Penulis: Muadz Arfa Panjaitan
Pendahuluan
Indonesia kembali bergejolak. Aksi demonstrasi yang berlangsung sepanjang Agustus hingga September 2025 meninggalkan jejak kelam dalam perjalanan demokrasi bangsa. Ribuan masyarakat turun ke jalan menyuarakan aspirasi, namun yang tersisa justru luka, air mata, dan kehilangan. Banyak korban berjatuhan, baik dari pihak demonstran, aparat, maupun warga sipil yang terjebak di tengah konflik.

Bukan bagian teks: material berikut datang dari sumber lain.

//! A POP in one of the usual forms, as most are written, read straight through from where it starts: what it says tells where it ends.

ghost use Rattle.std.specs.Prelude.{◌≡◌, ◌+◌, ◌<◌, IfSome, length, get_or, drop};
ghost use Rattle.period.specs.Written.{Begins, span_told, Word};
ghost use Rattle.period.specs.Pops.{rising_run, WeekIn, StringIn, pop_told};

use crate::dated::{are_dates, day_at};
use crate::strings::{are_days, days_end};
use crate::{Form, Period, Pop};
use calendar::{Span, days_from};
use syntax::segment::quick_end;

// Four bytes as one number.
fn word(a: u8, b: u8, c: u8, d: u8) -> u32
    ensures { Word result a b c d }
{
    a as u32 + b as u32 * 256 + c as u32 * 65536 + d as u32 * 16777216
}

// The days of a POP that begins as most are written, `POP+273:first/last`.
fn written_span(g: &[u8]) -> Option<Span>
    ensures { span_told g.now result }
{
    if g.len() < 29 {
        return None;
    }
    if word(g[0], g[1], g[2], g[3]) != word(b'P', b'O', b'P', b'+') {
        return None;
    }
    if word(g[4], g[5], g[6], g[7]) != word(b'2', b'7', b'3', b':') {
        return None;
    }
    if !are_dates(g) {
        return None;
    }
    let first = day_at(g, 8)?;
    let last = day_at(g, 19)?;
    days_from(first, last)
}

// Behind the weekdays that rise from an index on.
fn rising_end(g: &[u8], from: usize) -> usize
    ensures { result ≡ from + rising_run 48 (drop from g.now) }
{
    let mut i = from;
    let mut last = b'0';
    while i < g.len() {
        let b = g[i];
        if b <= last {
            return i;
        }
        if b'7' < b {
            return i;
        }
        last = b;
        i += 1;
    }
    i
}

// Where the POP ends whose second element, behind the dates and a `+`, names weekdays.
fn weekdays_end(g: &[u8]) -> Option<usize>
    ensures { IfSome result (WeekIn g.now) }
{
    let end = rising_end(g, 30);
    if g.len() <= end || end <= 30 {
        return None;
    }
    if g[end] != b'\'' {
        return None;
    }
    Some(end)
}

// Where the POP ends whose day string stands behind the dates with a character for each of so many days.
fn full_end(g: &[u8], count: usize) -> Option<usize>
    ensures { IfSome result (StringIn g.now count) }
{
    if g.len() < 32 {
        return None;
    }
    if g.len() - 32 < count {
        return None;
    }
    if count == 0 {
        return None;
    }
    let end = 31 + count;
    // The two marks and the terminator take one test.
    if word(g[29], g[30], g[end], 0) != word(b':', b':', b'\'', 0) {
        return None;
    }
    if !are_days(&g[..end], 31) {
        return None;
    }
    Some(end)
}

// Where it ends with at least one character and at most so many, wherever they end.
fn short_end(g: &[u8], count: usize) -> Option<usize>
    ensures { IfSome result (StringIn g.now count) }
{
    let end = days_end(g, 31);
    if g.len() <= end {
        return None;
    }
    if end <= 31 {
        return None;
    }
    if count < end - 31 {
        return None;
    }
    if word(g[29], g[30], g[end], 0) != word(b':', b':', b'\'', 0) {
        return None;
    }
    Some(end)
}

// Where the POP ends whose day string stands behind the dates. Most have a character for each day, so that their end is known before.
fn string_end(g: &[u8], count: usize) -> Option<usize>
    ensures { IfSome result (StringIn g.now count) }
{
    if let Some(end) = full_end(g, count) {
        return Some(end);
    }
    short_end(g, count)
}

// The POP whose second element is empty, whatever follows: "Giving neither means every day."
fn read_passed(s: &[u8], at: usize, days: Span) -> Option<Pop>
    requires { Begins (drop at s.now) days.first days.count × (30 < length (drop at s.now)) × (get_or (drop at s.now) 29 0 ≡ 43) × (get_or (drop at s.now) 30 0 ≡ 43) }
    ensures { pop_told s.now at result }
{
    let end = quick_end(s, at)?;
    Some(Pop::new(end, days, Form::Every))
}

// The POP at an offset that goes on with a `+` behind its dates; g is what stands from the offset on.
fn read_second(s: &[u8], at: usize, g: &[u8], days: Span) -> Option<Pop>
    requires { (g.now ≡ drop at s.now) × Begins g.now days.first days.count × (29 < length g.now) × (get_or g.now 29 0 ≡ 43) × (at + length g.now ≡ length s.now) }
    ensures { pop_told s.now at result }
{
    if let Some(end) = weekdays_end(g) {
        return Some(Pop::new(at + end, days, Form::ByWeekdays));
    }
    if g.len() <= 30 {
        return None;
    }
    if g[30] == b'+' {
        return read_passed(s, at, days);
    }
    None
}

// The POP at an offset by what stands behind its dates.
fn read_behind(s: &[u8], at: usize, g: &[u8], days: Span) -> Option<Pop>
    requires { (g.now ≡ drop at s.now) × Begins g.now days.first days.count × (29 < length g.now) × (at + length g.now ≡ length s.now) }
    ensures { pop_told s.now at result }
{
    if g[29] == b'\'' {
        return Some(Pop::new(at + 29, days, Form::Every));
    }
    if g[29] == b'+' {
        return read_second(s, at, g, days);
    }
    let end = string_end(g, days.count)?;
    Some(Pop::new(at + end, days, Form::ByString))
}

// The POP at an offset where it is in one of the usual forms; any other may still be one.
pub(crate) fn read_written(s: &[u8], at: usize) -> Option<Pop>
    ensures { pop_told s.now at result }
{
    if s.len() <= at {
        return None;
    }
    let g = &s[at..];
    if g.len() <= 29 {
        return None;
    }
    let days = written_span(g)?;
    read_behind(s, at, g, days)
}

Ironisnya, di balik deretan korban ini, masih sedikit sekali pelaku yang dimintai pertanggungjawaban. Publik menunggu keadilan, tetapi yang terdengar hanyalah gema janji tanpa kepastian.
---
Akar Persoalan dan Gelombang Aksi
Aksi unjuk rasa kali ini dipicu oleh ketidakpuasan masyarakat terhadap kebijakan pemerintah memberikan tunjangan DPR sebesar Rp 50.000.000, serta dibumbui dari isu ekonomi, reformasi hukum, hingga ketidakadilan sosial. Berbagai kota besar seperti Jakarta, Medan, dan Makassar menjadi pusat gelombang protes.
Di lapangan, situasi berkembang tak terkendali. Bentrokan pecah, gas air mata ditembakkan, dan jalan-jalan dipenuhi massa. Banyak saksi mata melaporkan penanganan represif, sementara sebagian pihak menuding adanya provokasi terselubung yang memperkeruh keadaan.
Namun, di tengah derasnya arus informasi, yang jelas terlihat hanyalah data korban, bukan daftar pelaku.
Korban Berjatuhan, Keadilan Tertunda
Data dari sejumlah lembaga independen mencatat:
- Ratusan orang luka-luka akibat bentrokan
- 10 orang meninggal dunia (data: 2 September 2025)
Namun hingga awal September 2025, belum ada laporan resmi mengenai pihak yang bertanggung jawab atas jatuhnya korban jiwa. Pertanyaan besar pun muncul:
"Apakah keadilan hanya berhenti pada hitung-hitungan statistik korban, tanpa keberanian menyingkap siapa yang bersalah?"